Provided information:
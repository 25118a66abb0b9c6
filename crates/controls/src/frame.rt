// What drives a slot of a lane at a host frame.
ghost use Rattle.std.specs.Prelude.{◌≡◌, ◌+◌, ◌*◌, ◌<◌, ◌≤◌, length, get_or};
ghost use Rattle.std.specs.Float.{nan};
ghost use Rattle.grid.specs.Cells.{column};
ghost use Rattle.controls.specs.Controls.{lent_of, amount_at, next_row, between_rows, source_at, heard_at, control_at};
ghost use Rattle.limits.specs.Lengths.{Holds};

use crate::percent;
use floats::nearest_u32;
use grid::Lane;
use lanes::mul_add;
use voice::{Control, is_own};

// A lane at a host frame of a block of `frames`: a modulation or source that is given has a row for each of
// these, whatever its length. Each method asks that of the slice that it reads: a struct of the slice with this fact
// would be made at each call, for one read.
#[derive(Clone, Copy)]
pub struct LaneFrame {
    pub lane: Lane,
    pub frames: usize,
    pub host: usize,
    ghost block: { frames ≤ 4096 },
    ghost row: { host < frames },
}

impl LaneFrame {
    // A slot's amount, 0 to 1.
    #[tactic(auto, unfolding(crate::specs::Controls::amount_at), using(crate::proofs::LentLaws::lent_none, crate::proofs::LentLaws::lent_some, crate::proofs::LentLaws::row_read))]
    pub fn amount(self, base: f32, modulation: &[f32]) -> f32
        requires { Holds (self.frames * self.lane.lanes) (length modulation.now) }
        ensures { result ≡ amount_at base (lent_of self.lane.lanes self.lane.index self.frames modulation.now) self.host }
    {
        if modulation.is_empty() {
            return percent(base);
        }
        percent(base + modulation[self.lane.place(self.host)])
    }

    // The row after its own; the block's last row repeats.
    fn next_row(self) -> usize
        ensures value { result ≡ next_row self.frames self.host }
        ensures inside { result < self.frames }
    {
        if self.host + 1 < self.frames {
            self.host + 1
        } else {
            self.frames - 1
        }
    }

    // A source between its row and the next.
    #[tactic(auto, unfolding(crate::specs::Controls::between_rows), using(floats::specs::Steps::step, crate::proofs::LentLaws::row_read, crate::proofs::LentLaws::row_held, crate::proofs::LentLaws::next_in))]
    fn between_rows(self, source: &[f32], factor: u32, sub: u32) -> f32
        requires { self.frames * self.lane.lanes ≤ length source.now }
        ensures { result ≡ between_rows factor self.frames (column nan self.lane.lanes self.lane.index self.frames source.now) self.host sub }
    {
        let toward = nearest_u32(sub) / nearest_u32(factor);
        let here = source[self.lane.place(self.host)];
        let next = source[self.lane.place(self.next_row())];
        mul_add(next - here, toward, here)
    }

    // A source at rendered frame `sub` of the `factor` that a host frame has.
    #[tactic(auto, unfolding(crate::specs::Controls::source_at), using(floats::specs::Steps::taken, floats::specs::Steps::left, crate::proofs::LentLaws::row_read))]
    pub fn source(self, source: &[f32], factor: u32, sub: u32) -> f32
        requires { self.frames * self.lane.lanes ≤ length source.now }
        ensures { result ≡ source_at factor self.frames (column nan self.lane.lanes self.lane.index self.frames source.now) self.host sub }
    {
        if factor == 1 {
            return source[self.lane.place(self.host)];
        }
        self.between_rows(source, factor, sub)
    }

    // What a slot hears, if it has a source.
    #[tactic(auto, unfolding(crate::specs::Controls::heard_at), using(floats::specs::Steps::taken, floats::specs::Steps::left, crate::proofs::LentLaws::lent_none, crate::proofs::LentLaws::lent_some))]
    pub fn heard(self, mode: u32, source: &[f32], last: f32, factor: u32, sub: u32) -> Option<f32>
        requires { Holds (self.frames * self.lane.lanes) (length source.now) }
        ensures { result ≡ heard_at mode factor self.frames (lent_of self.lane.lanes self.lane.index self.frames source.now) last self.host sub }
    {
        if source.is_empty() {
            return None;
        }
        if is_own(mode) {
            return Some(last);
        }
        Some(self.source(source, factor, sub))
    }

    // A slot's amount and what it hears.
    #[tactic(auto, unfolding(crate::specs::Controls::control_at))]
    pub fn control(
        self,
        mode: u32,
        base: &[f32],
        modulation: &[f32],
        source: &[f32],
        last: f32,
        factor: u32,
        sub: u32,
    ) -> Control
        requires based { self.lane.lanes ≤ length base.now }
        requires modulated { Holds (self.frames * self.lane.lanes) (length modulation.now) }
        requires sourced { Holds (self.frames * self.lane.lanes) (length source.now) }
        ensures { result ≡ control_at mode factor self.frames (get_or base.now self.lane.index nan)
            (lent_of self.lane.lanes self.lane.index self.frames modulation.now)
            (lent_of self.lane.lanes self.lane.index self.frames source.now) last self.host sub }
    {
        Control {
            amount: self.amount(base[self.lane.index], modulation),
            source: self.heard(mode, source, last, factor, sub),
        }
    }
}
...
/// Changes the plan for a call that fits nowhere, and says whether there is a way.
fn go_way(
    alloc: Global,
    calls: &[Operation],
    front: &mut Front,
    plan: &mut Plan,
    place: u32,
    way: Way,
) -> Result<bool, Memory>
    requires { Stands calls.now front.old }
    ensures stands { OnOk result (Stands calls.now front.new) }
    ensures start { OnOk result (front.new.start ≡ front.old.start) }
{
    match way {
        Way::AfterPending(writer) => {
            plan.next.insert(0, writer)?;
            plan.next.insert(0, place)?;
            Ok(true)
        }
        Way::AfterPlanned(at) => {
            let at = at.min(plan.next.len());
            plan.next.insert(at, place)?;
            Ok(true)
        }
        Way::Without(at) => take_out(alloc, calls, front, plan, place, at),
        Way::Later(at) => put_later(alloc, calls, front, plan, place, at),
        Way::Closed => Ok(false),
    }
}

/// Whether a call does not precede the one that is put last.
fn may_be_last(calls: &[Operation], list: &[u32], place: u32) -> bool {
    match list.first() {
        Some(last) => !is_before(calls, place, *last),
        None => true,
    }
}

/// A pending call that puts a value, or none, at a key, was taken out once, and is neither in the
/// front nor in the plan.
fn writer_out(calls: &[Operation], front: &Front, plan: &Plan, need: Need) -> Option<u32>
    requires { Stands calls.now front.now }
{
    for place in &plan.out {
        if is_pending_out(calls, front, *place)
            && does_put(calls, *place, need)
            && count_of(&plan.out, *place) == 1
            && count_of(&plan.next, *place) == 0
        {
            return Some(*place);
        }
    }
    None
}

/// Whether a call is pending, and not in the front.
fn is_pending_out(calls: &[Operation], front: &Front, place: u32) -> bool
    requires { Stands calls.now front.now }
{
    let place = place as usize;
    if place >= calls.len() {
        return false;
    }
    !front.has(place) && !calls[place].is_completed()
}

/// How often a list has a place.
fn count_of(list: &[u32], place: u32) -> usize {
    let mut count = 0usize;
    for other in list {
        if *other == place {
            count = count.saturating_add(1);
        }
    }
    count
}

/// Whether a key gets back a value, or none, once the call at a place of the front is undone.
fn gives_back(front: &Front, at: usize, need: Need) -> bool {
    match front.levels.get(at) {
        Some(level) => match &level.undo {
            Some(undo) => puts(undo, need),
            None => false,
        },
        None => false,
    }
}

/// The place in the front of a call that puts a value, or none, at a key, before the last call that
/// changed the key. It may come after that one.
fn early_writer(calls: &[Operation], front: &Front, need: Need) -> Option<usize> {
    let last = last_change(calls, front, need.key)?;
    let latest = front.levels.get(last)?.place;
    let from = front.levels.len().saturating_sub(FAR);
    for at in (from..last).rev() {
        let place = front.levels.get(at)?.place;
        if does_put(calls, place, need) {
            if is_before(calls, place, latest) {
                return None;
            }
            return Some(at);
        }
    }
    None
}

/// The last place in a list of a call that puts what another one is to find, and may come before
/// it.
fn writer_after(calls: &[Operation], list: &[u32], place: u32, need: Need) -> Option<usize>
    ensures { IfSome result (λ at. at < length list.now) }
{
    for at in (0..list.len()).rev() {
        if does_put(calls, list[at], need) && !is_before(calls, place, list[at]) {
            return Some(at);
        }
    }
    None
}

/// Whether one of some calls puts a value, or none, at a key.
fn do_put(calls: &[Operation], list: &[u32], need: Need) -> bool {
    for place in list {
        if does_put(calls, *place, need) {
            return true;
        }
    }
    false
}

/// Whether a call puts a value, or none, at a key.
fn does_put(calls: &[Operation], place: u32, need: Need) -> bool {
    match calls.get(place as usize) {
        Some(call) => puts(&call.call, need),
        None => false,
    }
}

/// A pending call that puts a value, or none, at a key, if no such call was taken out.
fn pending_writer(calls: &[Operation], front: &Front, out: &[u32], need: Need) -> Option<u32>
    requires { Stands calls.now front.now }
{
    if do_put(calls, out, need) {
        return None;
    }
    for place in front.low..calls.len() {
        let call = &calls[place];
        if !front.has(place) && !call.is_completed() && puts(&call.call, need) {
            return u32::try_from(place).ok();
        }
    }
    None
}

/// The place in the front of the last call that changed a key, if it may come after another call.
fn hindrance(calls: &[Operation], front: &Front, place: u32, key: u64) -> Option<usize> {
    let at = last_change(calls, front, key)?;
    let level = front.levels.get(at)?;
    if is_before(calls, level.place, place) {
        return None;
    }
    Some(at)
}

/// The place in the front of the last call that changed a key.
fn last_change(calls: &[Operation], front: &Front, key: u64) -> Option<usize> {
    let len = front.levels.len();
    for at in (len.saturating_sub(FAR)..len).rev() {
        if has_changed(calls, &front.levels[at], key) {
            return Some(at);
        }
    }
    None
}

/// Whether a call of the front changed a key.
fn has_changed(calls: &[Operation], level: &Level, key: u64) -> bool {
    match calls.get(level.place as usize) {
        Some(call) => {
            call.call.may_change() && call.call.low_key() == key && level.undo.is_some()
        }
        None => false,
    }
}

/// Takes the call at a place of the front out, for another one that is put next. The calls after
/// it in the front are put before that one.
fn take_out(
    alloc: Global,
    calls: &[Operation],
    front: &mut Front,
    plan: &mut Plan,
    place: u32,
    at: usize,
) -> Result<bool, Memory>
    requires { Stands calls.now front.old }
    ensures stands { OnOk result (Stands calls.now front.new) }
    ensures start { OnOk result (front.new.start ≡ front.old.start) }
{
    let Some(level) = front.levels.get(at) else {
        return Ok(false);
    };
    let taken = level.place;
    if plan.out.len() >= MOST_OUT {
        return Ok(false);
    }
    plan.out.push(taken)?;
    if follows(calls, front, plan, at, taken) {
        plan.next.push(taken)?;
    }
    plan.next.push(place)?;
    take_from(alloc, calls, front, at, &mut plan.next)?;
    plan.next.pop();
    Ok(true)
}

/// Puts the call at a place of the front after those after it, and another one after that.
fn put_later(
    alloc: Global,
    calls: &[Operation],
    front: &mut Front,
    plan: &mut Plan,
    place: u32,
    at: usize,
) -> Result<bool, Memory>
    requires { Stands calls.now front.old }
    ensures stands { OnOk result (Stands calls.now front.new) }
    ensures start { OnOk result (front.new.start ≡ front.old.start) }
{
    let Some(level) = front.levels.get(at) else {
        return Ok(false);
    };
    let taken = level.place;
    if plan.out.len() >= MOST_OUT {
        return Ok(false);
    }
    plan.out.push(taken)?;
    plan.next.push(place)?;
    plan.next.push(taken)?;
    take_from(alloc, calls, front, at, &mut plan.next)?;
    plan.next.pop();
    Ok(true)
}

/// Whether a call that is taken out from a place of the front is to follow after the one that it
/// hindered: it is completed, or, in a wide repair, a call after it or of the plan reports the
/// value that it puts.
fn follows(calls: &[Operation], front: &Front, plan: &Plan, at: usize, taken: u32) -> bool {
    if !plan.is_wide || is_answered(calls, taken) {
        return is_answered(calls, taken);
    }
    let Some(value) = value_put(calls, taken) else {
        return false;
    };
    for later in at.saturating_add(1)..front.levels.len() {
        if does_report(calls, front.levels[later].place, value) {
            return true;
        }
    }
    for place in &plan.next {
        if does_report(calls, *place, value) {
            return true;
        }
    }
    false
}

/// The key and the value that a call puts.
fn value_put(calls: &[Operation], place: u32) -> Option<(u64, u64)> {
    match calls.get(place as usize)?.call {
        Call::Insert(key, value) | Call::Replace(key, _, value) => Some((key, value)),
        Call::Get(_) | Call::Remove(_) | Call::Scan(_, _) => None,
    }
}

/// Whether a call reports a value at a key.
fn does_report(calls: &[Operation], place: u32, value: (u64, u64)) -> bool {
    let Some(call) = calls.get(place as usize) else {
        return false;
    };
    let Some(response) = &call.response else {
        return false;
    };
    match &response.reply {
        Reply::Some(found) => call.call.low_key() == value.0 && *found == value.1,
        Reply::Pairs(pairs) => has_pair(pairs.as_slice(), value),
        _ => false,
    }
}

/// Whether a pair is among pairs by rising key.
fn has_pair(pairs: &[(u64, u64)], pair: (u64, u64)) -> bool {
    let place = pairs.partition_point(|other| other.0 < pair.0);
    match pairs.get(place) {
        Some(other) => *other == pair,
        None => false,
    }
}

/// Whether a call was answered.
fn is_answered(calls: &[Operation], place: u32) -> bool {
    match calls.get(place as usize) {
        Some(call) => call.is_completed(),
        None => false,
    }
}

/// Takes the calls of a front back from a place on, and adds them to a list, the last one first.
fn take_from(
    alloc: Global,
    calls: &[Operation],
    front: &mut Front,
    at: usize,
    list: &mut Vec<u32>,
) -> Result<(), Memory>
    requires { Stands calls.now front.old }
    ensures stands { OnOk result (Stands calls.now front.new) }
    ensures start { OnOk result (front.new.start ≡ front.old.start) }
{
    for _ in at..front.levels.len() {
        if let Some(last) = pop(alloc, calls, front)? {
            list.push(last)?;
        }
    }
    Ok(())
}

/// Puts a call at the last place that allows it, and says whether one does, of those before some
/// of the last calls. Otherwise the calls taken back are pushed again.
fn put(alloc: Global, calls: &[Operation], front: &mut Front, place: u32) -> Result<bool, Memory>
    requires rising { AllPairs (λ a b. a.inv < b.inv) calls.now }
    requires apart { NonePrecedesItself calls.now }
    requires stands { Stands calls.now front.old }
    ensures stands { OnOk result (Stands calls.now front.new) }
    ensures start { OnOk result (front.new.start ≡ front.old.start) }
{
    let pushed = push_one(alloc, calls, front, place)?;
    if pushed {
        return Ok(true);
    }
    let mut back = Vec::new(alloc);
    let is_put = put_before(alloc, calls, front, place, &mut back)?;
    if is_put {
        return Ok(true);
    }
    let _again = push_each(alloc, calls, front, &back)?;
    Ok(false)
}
==
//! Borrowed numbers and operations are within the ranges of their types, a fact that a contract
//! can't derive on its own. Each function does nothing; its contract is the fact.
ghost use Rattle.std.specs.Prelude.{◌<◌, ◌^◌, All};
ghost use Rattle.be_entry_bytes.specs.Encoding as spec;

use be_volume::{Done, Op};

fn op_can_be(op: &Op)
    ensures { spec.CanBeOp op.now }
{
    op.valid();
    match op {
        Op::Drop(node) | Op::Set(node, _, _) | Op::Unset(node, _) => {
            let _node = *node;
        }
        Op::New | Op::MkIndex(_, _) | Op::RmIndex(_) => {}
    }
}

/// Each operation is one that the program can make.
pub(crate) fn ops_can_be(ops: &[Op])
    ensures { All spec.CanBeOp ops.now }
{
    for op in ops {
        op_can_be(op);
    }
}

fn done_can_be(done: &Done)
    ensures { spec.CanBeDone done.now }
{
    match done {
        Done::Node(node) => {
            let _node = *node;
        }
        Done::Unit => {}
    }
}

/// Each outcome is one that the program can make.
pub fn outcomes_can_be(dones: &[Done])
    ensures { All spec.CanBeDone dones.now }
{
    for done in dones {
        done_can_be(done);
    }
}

Work instruction:
Find the line with "for place in list" in the entries above. Retype it and each line after it, exactly, through the line with "fn does_put(calls: &[Operation], place: u32, need: Need)", and stop there.

Answer for this exercise:
    for place in list {
        if does_put(calls, *place, need) {
            return true;
        }
    }
    false
}

/// Whether a call puts a value, or none, at a key.
fn does_put(calls: &[Operation], place: u32, need: Need) -> bool {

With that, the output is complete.